Happy New Year! It is only fitting that the first review of 2022 is on a team that was a major performer on the last day of the old year, the Alabama Crimson Tide. This book on their 2020 championship is much more important for reading that just the football success. Here is my review.
Title/Author: “We Want ‘Bama! Nick Saban and the Crimson Tide’s Decade of Dominance” by Joe Goodman
Rating: 3 ½ of 5 stars (good)
Review: Just like everything else, the year 2020 saw major disruptions in college football. However, one thing that didn’t change was the dominance of the Alabama Crimson Tide and another national championship for them and coach Nick Saban. This book by Joe Goodman on that squad is quite different than any other book written about a particular team or season – which I guess would be quite fitting for anything about 2020.

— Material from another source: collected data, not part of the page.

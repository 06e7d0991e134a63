//! A circuit's log: each event with the message that it brought and what it had the relay do.

use circuit_model::{Effects, Event, Message};

/// An entry of the log.
#[derive(Drop)]
pub struct Entry<'a> {
    pub event: &'a Event,
    pub message: Option<Message>,
    pub effects: Effects,
}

This book does have some review of the games and highlights of that season for the Crimson Tide, but that is not how this book is structured – indeed, it seems to jump all over the place, but underlying that is one central theme that was that, to the author and after reading this book to this reviewer as well, the Alabama football team’s march and other means of communication about racial injustice made a much louder impression than anything they accomplished on the football field. Goodman made this point in several different ways – through highlighting the activism of players like Chris Owen Najee Harris and Alex Leatherwood, who wrote a powerful song/poem that was recorded by him and many teammates. It was quite moving to just read it and see how a college football team would come together during this summer of unrest in 2020.
While most of the book has a serious message, whether football or racial equality, Johnson throws in plenty of humor and sarcasm as well as uncomfortable truth in this book. This is especially true when he talks about how important Alabama football is to the students, the university and the bank accounts of the university. He will often end sections about these topics with the phrase “Roll Tide!”, the cheer for the football team yelled by fans. I thought that was a nice touch to illustrate his message.
While this book did seem to jump around on topics and at times, I had to re-read passages to figure out whether Goodman was being serious or sarcastic, it is one that really should be read by those who are unfamiliar with the history of racial injustice in Alabama as well as those who are either Alabama fans or wish to understand just how important the Crimson Tide football team is to the state. It is also a great look into the detail of Nick Saban and his recruiting success that is the ultimate reason for Alabama’s continuing success.
I wish to thank Grand Central Publishing for providing a copy of the book via NetGalley in exchange for an honest review.